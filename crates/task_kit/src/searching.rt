//! A plain search for a cheapest list of actions below a cost.

ghost use Rattle.std.specs.Prelude.{ℕ, ◌≡◌, ◌≢◌, ◌+◌, ◌^◌, ◌<◌, ◌≤◌, Some, length, slice_get};
ghost use Rattle.std.specs.Prelude.{reverse, IfOk, OnOk};
ghost use Rattle.task_kit.specs.declared.reached.SearchNode.{SearchNode};
ghost use Rattle.task_kit.specs.Bounds.{IsCheapestBelow};
ghost use Rattle.task_kit.specs.Reached.{reached};
ghost use Rattle.task_kit.specs.Searching.{IsTrail, Grows, IsReached, AreSettled, AreSettledBut};
ghost use Rattle.task_kit.specs.Searching.{IsFound, IsPathBack};

use crate::price::price_of;
use crate::reached::{SearchNode, Table};
use crate::view::TaskView;
use mre_base::{Bits, List, NoMemory};
use std::alloc::Global;

// The state of the node that is expanded, and one of its successors.
struct Scratch {
    from: Bits,
    into: Bits,
}

impl Drop for Scratch {
    fn drop(self) {
        let Scratch { from: _, into: _ } = self;
    }
}

// A node that is expanded: its place, the node, and the bound below which lists count.
#[derive(Clone, Copy)]
struct Expansion {
    at: usize,
    node: SearchNode,
    bound: u64,
}

// The bound below which lists still count, and the place of the goal node that set it.
#[derive(Drop)]
struct Found {
    bound: u64,
    foil: Option<usize>,
}

// Notes the successor by one action.
fn note_successor<T: TaskView>(
    task: &T,
    table: &mut Table,
    scratch: &mut Scratch,
    expansion: &Expansion,
    action: u32,
) -> Result<(), NoMemory>
    requires listed { action < length (T.seen task.now).actions }
    requires trail { IsTrail (T.seen task.now) (reached table.old) }
    requires node { slice_get (reached table.old).nodes expansion.now.at ≡ Some expansion.now.node }
    requires from { slice_get (reached table.old).states expansion.now.node.state
        ≡ Some scratch.old.from }
    requires from_width { scratch.old.from.width ≡ (T.seen task.now).atoms + 1 }
    requires into_width { scratch.old.into.width ≡ (T.seen task.now).atoms + 1 }
    requires cheap { expansion.now.node.cost < expansion.now.bound }
    requires low { expansion.now.bound < 2 ^ 46 }
    ensures trail { OnOk result (IsTrail (T.seen task.now) (reached table.new)) }
    ensures grows { OnOk result (Grows (reached table.old) (reached table.new)) }
    ensures reached { OnOk result (IsReached (T.seen task.now) expansion.now.bound
        (reached table.new) scratch.old.from.members expansion.now.node.cost action) }
    ensures from { scratch.new.from ≡ scratch.old.from }
    ensures into { scratch.new.into.width ≡ scratch.old.into.width }
{
    if !task.applies(action, &scratch.from) {
        return Ok(());
    }
    let cost = expansion.node.cost + price_of(task, action);
    if expansion.bound <= cost {
        return Ok(());
    }
    task.next_into(action, &scratch.from, &mut scratch.into);
    table.note(&scratch.into, cost, expansion.at, action)?;
    Ok(())
}

// Notes all successors.
fn note_successors<T: TaskView>(
    task: &T,
    table: &mut Table,
    scratch: &mut Scratch,
    expansion: &Expansion,
) -> Result<(), NoMemory>
    requires trail { IsTrail (T.seen task.now) (reached table.old) }
    requires node { slice_get (reached table.old).nodes expansion.now.at ≡ Some expansion.now.node }
    requires from { slice_get (reached table.old).states expansion.now.node.state
        ≡ Some scratch.old.from }
    requires from_width { scratch.old.from.width ≡ (T.seen task.now).atoms + 1 }
    requires into_width { scratch.old.into.width ≡ (T.seen task.now).atoms + 1 }
    requires cheap { expansion.now.node.cost < expansion.now.bound }
    requires low { expansion.now.bound < 2 ^ 46 }
    ensures trail { OnOk result (IsTrail (T.seen task.now) (reached table.new)) }
    ensures grows { OnOk result (Grows (reached table.old) (reached table.new)) }
    ensures reached { OnOk result ((action : ℕ) → IsReached (T.seen task.now) expansion.now.bound
        (reached table.new) scratch.old.from.members expansion.now.node.cost action) }
    ensures from { scratch.new.from ≡ scratch.old.from }
    ensures into { scratch.new.into.width ≡ scratch.old.into.width }
{
    for action in 0..task.actions() {
        note_successor(task, table, scratch, expansion, action)?;
    }
    Ok(())
}

// Expands a node taken from the open list: lowers the bound if the node reaches the goal, and notes
// the successors of its state otherwise.
fn expand<T: TaskView>(
    task: &T,
    table: &mut Table,
    scratch: &mut Scratch,
    found: &mut Found,
    at: usize,
) -> Result<(), NoMemory>
    requires trail { IsTrail (T.seen task.now) (reached table.old) }
    requires settled { AreSettledBut (T.seen task.now) found.old.bound (reached table.old) at }
    requires at { at < length (reached table.old).nodes }
    requires from_width { scratch.old.from.width ≡ (T.seen task.now).atoms + 1 }
    requires into_width { scratch.old.into.width ≡ (T.seen task.now).atoms + 1 }
    requires low { found.old.bound < 2 ^ 46 }
    ensures trail { OnOk result (IsTrail (T.seen task.now) (reached table.new)) }
    ensures settled { OnOk result (AreSettled (T.seen task.now) found.new.bound
        (reached table.new)) }
    ensures grows { OnOk result (Grows (reached table.old) (reached table.new)) }
    ensures found { (first : ℕ)
        → IsFound (T.seen task.now) (reached table.old) first found.old.bound found.old.foil
        → OnOk result (IsFound (T.seen task.now) (reached table.new) first
        found.new.bound found.new.foil) }
    ensures bound { found.new.bound ≤ found.old.bound }
    ensures from_width { scratch.new.from.width ≡ scratch.old.from.width }
    ensures into_width { scratch.new.into.width ≡ scratch.old.into.width }
{
    let node = table.node(at);
    if found.bound <= node.cost {
        return Ok(());
    }
    if table.is_beaten(node) {
        return Ok(());
    }
    scratch.from.copy_from(table.state(node.state));
    if task.goal().is_subset(&scratch.from) {
        found.bound = node.cost;
        found.foil = Some(at);
        return Ok(());
    }
    let expansion = Expansion {
        at,
        node,
        bound: found.bound,
    };
    note_successors(task, table, scratch, &expansion)?;
    Ok(())
}

// The actions on the path to a node, the last one first.
fn path_back(alloc: Global, table: &Table, place: usize) -> Result<Vec<u32>, NoMemory>
    requires place { place < length (reached table.now).nodes }
    requires earlier { (at : ℕ) (node : SearchNode)
        → slice_get (reached table.now).nodes at ≡ Some node → at ≢ 0 → node.parent < at }
    ensures { IfOk result (λ back. IsPathBack (reached table.now).nodes place back.items) }
{
    let mut back = Vec::new(alloc);
    let mut at = place;
    while at != 0 {
        let node = table.node(at);
        back.push(node.action)?;
        at = node.parent;
    }
    Ok(back)
}

fn reverse_in_place(list: &mut Vec<u32>)
    ensures { list.new.items ≡ reverse list.old.items }
{
    list.as_mut_slice().reverse();
}

// A copy as a `List`.
fn listed(alloc: Global, from: &Vec<u32>) -> Result<List<u32>, NoMemory>
    ensures { IfOk result (λ list. list ≡ from.now.items) }
{
    let mut list = List::empty(alloc);
    for &item in from {
        list.push(item)?;
    }
    Ok(list)
}

/// The cheapest valid list, if some valid list costs less than `k`, and `None` if no valid list of
/// any length does. Nodes are expanded in the order of their costs, and of each state only the
/// cheapest.
pub fn cheapest_below<T: TaskView>(
    alloc: Global,
    task: &T,
    k: u64,
) -> Result<Option<List<u32>>, NoMemory>
    requires { k < 2 ^ 46 }
    ensures { IfOk result (λ found. IsCheapestBelow (T.seen task.now) k found) }
{
    let mut table = Table::from_start(alloc, task.start())?;
    let mut scratch = Scratch {
        from: task.start().copy(alloc)?,
        into: task.start().copy(alloc)?,
    };
    let mut found = Found {
        bound: k,
        foil: None,
    };
    while let Some(at) = table.next() {
        expand(task, &mut table, &mut scratch, &mut found, at)?;
    }
    match found.foil {
        None => Ok(None),
        Some(place) => {
            let mut back = path_back(alloc, &table, place)?;
            reverse_in_place(&mut back);
            Ok(Some(listed(alloc, &back)?))
        }
    }
}
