//! Judging a list of actions on a task.

ghost use Rattle.std.specs.Prelude.{◌≡◌, ◌+◌, ◌*◌, ◌^◌, ◌<◌, ◌↔◌, IsTrue, All, length};
ghost use Rattle.task_kit.specs.Judged.{IsJudged, IsStepFault, says_valid, CostsAtMost};
ghost use Rattle.task_kit.specs.Tasks.{IsValid, IsFirstLack};

use crate::price::price_of;
use crate::view::TaskView;
use mre_base::Bits;

/// The judgement of a list of actions on a task. Steps count from 1, and the atom is the least that
/// is missing there.
#[derive(Clone, Copy, Debug, PartialEq, Eq)]
pub enum Judgement {
    /// The actions apply one after another and lead to the goal, at this cost.
    Valid { cost: u64 },
    /// The first step that doesn't apply lacks a precondition.
    Fails { step: u32, atom: u32 },
    /// The first step that doesn't apply has its preconditions, but no cost.
    NoCost { step: u32 },
    /// All steps apply, and the last state lacks a goal atom.
    GoalMissing { atom: u32 },
}

// The least wanted atom that the state lacks.
fn first_lack(wanted: &Bits, state: &Bits) -> Option<u32>
    requires { wanted.now.width ≡ state.now.width }
    ensures { IsFirstLack wanted.now.members state.now.members result }
{
    for atom in 0..wanted.width() {
        if wanted.contains(atom) && !state.contains(atom) {
            return Some(atom);
        }
    }
    None
}

// Why a step can't be made in a state, if it can't.
fn fault_at<T: TaskView>(task: &T, action: u32, state: &Bits, step: u32) -> Option<Judgement>
    requires listed { action < length (T.seen task.now).actions }
    requires width { state.now.width ≡ (T.seen task.now).atoms + 1 }
    ensures { IsStepFault (T.seen task.now) action state.now.members step result }
{
    match task.missing(action, state) {
        Some(atom) => Some(Judgement::Fails { step, atom }),
        None => match task.cost(action) {
            Some(_) => None,
            None => Some(Judgement::NoCost { step }),
        },
    }
}

/// Judges a list of actions: whether they apply one after another from the start and lead to the
/// goal. A valid list costs at most 4294967295 for each action. The two sets are room for the states
/// in between.
pub fn judge<T: TaskView>(task: &T, plan: &[u32], one: &mut Bits, two: &mut Bits) -> Judgement
    requires listed { All (λ action. action < length (T.seen task.now).actions) plan.now }
    requires few { length plan.now < 2 ^ 32 }
    requires one { one.old.width ≡ (T.seen task.now).atoms + 1 }
    requires two { two.old.width ≡ (T.seen task.now).atoms + 1 }
    ensures judged { IsJudged (T.seen task.now) plan.now result }
    ensures valid { IsTrue (says_valid result) ↔ IsValid (T.seen task.now) plan.now }
    ensures cost { CostsAtMost (length plan.now * 4294967295) result }
    ensures one { one.new.width ≡ one.old.width }
    ensures two { two.new.width ≡ two.old.width }
{
    one.copy_from(task.start());
    let mut cost = 0;
    for (place, &action) in plan.iter().enumerate() {
        if let Some(fault) = fault_at(task, action, one, place as u32 + 1) {
            return fault;
        }
        cost += price_of(task, action);
        task.next_into(action, one, two);
        one.copy_from(two);
    }
    match first_lack(task.goal(), one) {
        None => Judgement::Valid { cost },
        Some(atom) => Judgement::GoalMissing { atom },
    }
}
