//! Tasks on numbers: their steps, the judging of lists of actions, cuts and bounds, and a plain
//! search below a cost.
#![tactic(auto)]

mod action;
mod atoms;
mod cut;
mod judging;
mod laws;
mod price;
mod queue;
mod reached;
mod searching;
mod task;
mod view;

pub use action::TaskAction;
pub use cut::{Cut, Cuts};
pub use judging::{Judgement, judge};
pub use laws::{law_bounds, law_cuts};
pub use price::price_of;
pub use searching::cheapest_below;
pub use task::Task;
pub use view::TaskView;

○ ○ ○ ○ ○ ○ ○

* _TO DO_
In the records above, how many lines hold the string "AreSettledBut"? Give the number only.

* _SOLUTION TO THIS TASK_
2